What you need to do: The reply should hold only the lines from the one with "OnErr result (RootRefused" through the end of the data, each given exactly.

• • • •

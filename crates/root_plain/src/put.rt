//! A root is put, or found, along its pair's path.
ghost use Rattle.std.specs.Prelude.{◌≡◌, ◌≢◌, ℕ, ◌+◌, ◌*◌, ◌^◌, ◌<◌, ◌≤◌, [], true};
ghost use Rattle.std.specs.Prelude.{IfOk, OnErr, IfSome, IfNone, MatchOption, option_map};
ghost use Rattle.packed_word.specs.Word.{pair_of};
ghost use Rattle.tdb_base.specs.Fakes.{counted};
ghost use Rattle.pair_nodes.specs.Probe.{IsNodeWord, pair_of_word};
ghost use Rattle.pair_nodes.specs.Roots.{RootPut, RootRefused};
ghost use Rattle.pair_rule.specs.Calls.{Called, IsSomeRoot, KeepsBuffers};
ghost use Rattle.pair_rule.specs.Part.{IsTable};
ghost use Rattle.pair_rule.specs.Paths.{root_buckets, size, reach, Passed, Listed};
ghost use Rattle.pair_rule.specs.Plays.{Caught};
ghost use Rattle.pair_rule.specs.Rest.{AtRest, view};
ghost use Rattle.root_plain.specs.Plain.{plain};
ghost use Rattle.root_plain.specs.Plays.{Shows, wants};
ghost use Rattle.root_plain.specs.Probe.{HasOther, IsNextBucket, Passes, Along};
ghost use Rattle.root_plain.specs.declared.plays.Wanted.TheVariants.{Pair};

use crate::plays::Wanted;
use crate::root::PlainRoot;
use crate::steps::{claim, look};
use packed_word::Layout;
use pair_nodes::Nodes;
use pair_rule::{PairTable, Pass, RootsFull};
use probe_path::{Path, Walk};
use tdb_base::{Ledger, Steps};

// The present bit.
const PRESENT: u64 = 1 << 63;

// Looks at the bucket `at`, the next one of the path of the word's pair, and puts the word there if it is
// empty. Answers the word that stands there, if it wasn't.
#[inline]
fn settle<const W: u32, const F: u32>(
    table: &PairTable<PlainRoot<W, F>, W, F>,
    pass: &mut Pass<PlainRoot<W, F>, W, F>,
    at: u64,
    word: u64,
) -> Option<u64>
    requires rest { AtRest plain table.now pass.old }
    requires word { IsNodeWord table.now.about word }
    requires inside { at < size (root_buckets table.now.about) }
    requires passed { IsNextBucket (root_buckets table.now.about) (view pass.old).root.roots
        (pair_of_word word) at }
    requires stands { IsSomeRoot table.now.about (view pass.old).known (pair_of_word word) }
    ensures rest { AtRest plain table.now pass.new }
    ensures put { IfNone result (Called plain true at (pair_of_word word) (view pass.old) (view pass.new)) }
    ensures used { IfSome result (λ found. found ≢ 0) }
    ensures found { IfSome result
        (λ found. Shows (wants (Pair (pair_of_word word))) at found (view pass.old) (view pass.new)) }
    ensures buffers { KeepsBuffers pass.old pass.new }
{
    let wanted = Wanted::Pair(word - PRESENT);
    let found = look(table, pass, at, &wanted);
    if found != 0 {
        return Some(found);
    }
    let lost = claim(table, pass, at, word);
    if lost != 0 {
        return Some(lost);
    }
    None
}

// The same, answering the bucket and whether the pair was put, or `None` where another pair stands.
#[inline]
fn visit<const W: u32, const F: u32>(
    table: &PairTable<PlainRoot<W, F>, W, F>,
    pass: &mut Pass<PlainRoot<W, F>, W, F>,
    at: u64,
    word: u64,
) -> Option<(u64, bool)>
    requires store { IsTable W F plain table.now }
    requires rest { AtRest plain table.now pass.old }
    requires word { IsNodeWord table.now.about word }
    requires inside { at < size (root_buckets table.now.about) }
    requires passed { IsNextBucket (root_buckets table.now.about) (view pass.old).root.roots
        (pair_of_word word) at }
    requires stands { IsSomeRoot table.now.about (view pass.old).known (pair_of_word word) }
    ensures rest { AtRest plain table.now pass.new }
    ensures outcome { MatchOption result
        (Caught plain [] (view pass.old) (view pass.new) × HasOther at (pair_of_word word) (view pass.new))
        (λ a. Called plain a.1 a.0 (pair_of_word word) (view pass.old) (view pass.new)) }
    ensures buffers { KeepsBuffers pass.old pass.new }
{
    let Some(found) = settle(table, pass, at, word) else {
        return Some((at, true));
    };
    if Layout::<W, F>::without_flags(found) == word {
        Some((at, false))
    } else {
        None
    }
}

// Visits the buckets of one line of the path of the word's pair, from its bucket `from` on.
#[inline]
fn walk_line<const W: u32, const F: u32>(
    table: &PairTable<PlainRoot<W, F>, W, F>,
    pass: &mut Pass<PlainRoot<W, F>, W, F>,
    walk: &Walk<W>,
    from: u64,
    word: u64,
) -> Option<(u64, bool)>
    requires store { IsTable W F plain table.now }
    requires rest { AtRest plain table.now pass.old }
    requires word { IsNodeWord table.now.about word }
    requires walk { Along table.now.about (pair_of_word word) walk.now.course }
    requires line { walk.now.passed < walk.now.course.lines }
    requires from { from ≤ 8 }
    requires passed { Passed (root_buckets table.now.about) (Listed (view pass.old).root.roots)
        (pair_of_word word)
        (8 * walk.now.passed + from) }
    requires stands { IsSomeRoot table.now.about (view pass.old).known (pair_of_word word) }
    ensures rest { AtRest plain table.now pass.new }
    ensures outcome { MatchOption result
        (Passes table.now.about (pair_of_word word) (8 * walk.now.passed + 8) (view pass.old) (view pass.new))
        (λ a. Called plain a.1 a.0 (pair_of_word word) (view pass.old) (view pass.new)) }
    ensures buffers { KeepsBuffers pass.old pass.new }
{
    for i in from..8 {
        if let Some(found) = visit(table, pass, walk.bucket(i), word) {
            return Some(found);
        }
    }
    None
}

// Visits the buckets of the path of the word's pair but the first one, line by line.
fn walk_on<const W: u32, const F: u32>(
    table: &PairTable<PlainRoot<W, F>, W, F>,
    pass: &mut Pass<PlainRoot<W, F>, W, F>,
    path: &Path<W>,
    word: u64,
) -> Option<(u64, bool)>
    requires store { IsTable W F plain table.now }
    requires rest { AtRest plain table.now pass.old }
    requires word { IsNodeWord table.now.about word }
    requires path { Along table.now.about (pair_of_word word) path.now }
    requires lines { 0 < path.now.lines }
    requires passed { Passed (root_buckets table.now.about) (Listed (view pass.old).root.roots)
        (pair_of_word word) 1 }
    requires stands { IsSomeRoot table.now.about (view pass.old).known (pair_of_word word) }
    ensures rest { AtRest plain table.now pass.new }
    ensures outcome { MatchOption result
        (Passes table.now.about (pair_of_word word) (reach (root_buckets table.now.about)) (view pass.old) (view pass.new))
        (λ a. Called plain a.1 a.0 (pair_of_word word) (view pass.old) (view pass.new)) }
    ensures buffers { KeepsBuffers pass.old pass.new }
{
    let mut walk = path.walk();
    let mut from = 1;
    for line in 0..path.len() / 8 {
        if let Some(found) = walk_line(table, pass, &walk, from, word) {
            return Some(found);
        }
        walk.advance();
        from = 0;
    }
    None
}

// Visits the buckets of the path of the word's pair. Most walks end at the first one.
#[inline]
fn walk_path<const W: u32, const F: u32>(
    table: &PairTable<PlainRoot<W, F>, W, F>,
    pass: &mut Pass<PlainRoot<W, F>, W, F>,
    word: u64,
) -> Option<(u64, bool)>
    requires store { IsTable W F plain table.now }
    requires rest { AtRest plain table.now pass.old }
    requires word { IsNodeWord table.now.about word }
    requires stands { IsSomeRoot table.now.about (view pass.old).known (pair_of_word word) }
    ensures rest { AtRest plain table.now pass.new }
    ensures outcome { MatchOption result
        (Passes table.now.about (pair_of_word word) (reach (root_buckets table.now.about)) (view pass.old) (view pass.new))
        (λ a. Called plain a.1 a.0 (pair_of_word word) (view pass.old) (view pass.new)) }
    ensures buffers { KeepsBuffers pass.old pass.new }
{
    let sizes = table.sizes();
    let path = Path::<W>::new(word - PRESENT, sizes.roots, sizes.probe);
    let walk = path.walk();
    if let Some(found) = visit(table, pass, walk.bucket(0), word) {
        return Some(found);
    }
    walk_on(table, pass, &path, word)
}

/// Gives the vector with the root `(left, right)` a name, or finds its name: its identifier, below `2^roots`,
/// and whether it is new.
///
/// The parts are below `2^W`, and the pair is the root of some vector in the nodes that the pass knows. The
/// answer is one call of the table's history, made at one atomic step; afterwards the pass has seen that
/// history up to this call. It counts one step. `RootsFull` comes only where each bucket of the pair's path
/// has another root, which stays so; no call is made then. It waits for nobody and takes no memory.
pub fn put_root<L: Ledger, const W: u32, const F: u32>(
    nodes: &Nodes<PlainRoot<W, F>, W, F>,
    pass: &mut Pass<PlainRoot<W, F>, W, F>,
    left: u64,
    right: u64,
    steps: &mut Steps<L>,
) -> Result<(u64, bool), RootsFull>
    requires rest { AtRest plain nodes.now pass.old }
    requires left { left < 2 ^ nodes.now.about.width }
    requires right { right < 2 ^ nodes.now.about.width }
    requires stands { IsSomeRoot nodes.now.about (view pass.old).known
        (pair_of nodes.now.about.width left right) }
    ensures put { IfOk result (λ a. RootPut plain nodes.now (pair_of nodes.now.about.width left right) a.0 a.1
        pass.old pass.new) }
    ensures refused { OnErr result (RootRefused plain nodes.now (pair_of nodes.now.about.width left right)
        pass.old pass.new) }
    ensures tick { L.count steps.new ≡ option_map counted (L.count steps.old) }
{
    steps.tick();
    let table = nodes.table();
    let word = Layout::<W, F>::pack(left, right);
    match walk_path(table, pass, word) {
        Some(found) => Ok(found),
        None => Err(RootsFull),
    }
}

• • • •

Output of the exercise:
    ensures refused { OnErr result (RootRefused plain nodes.now (pair_of nodes.now.about.width left right)
        pass.old pass.new) }
    ensures tick { L.count steps.new ≡ option_map counted (L.count steps.old) }
{
    steps.tick();
    let table = nodes.table();
    let word = Layout::<W, F>::pack(left, right);
    match walk_path(table, pass, word) {
        Some(found) => Ok(found),
        None => Err(RootsFull),
    }
}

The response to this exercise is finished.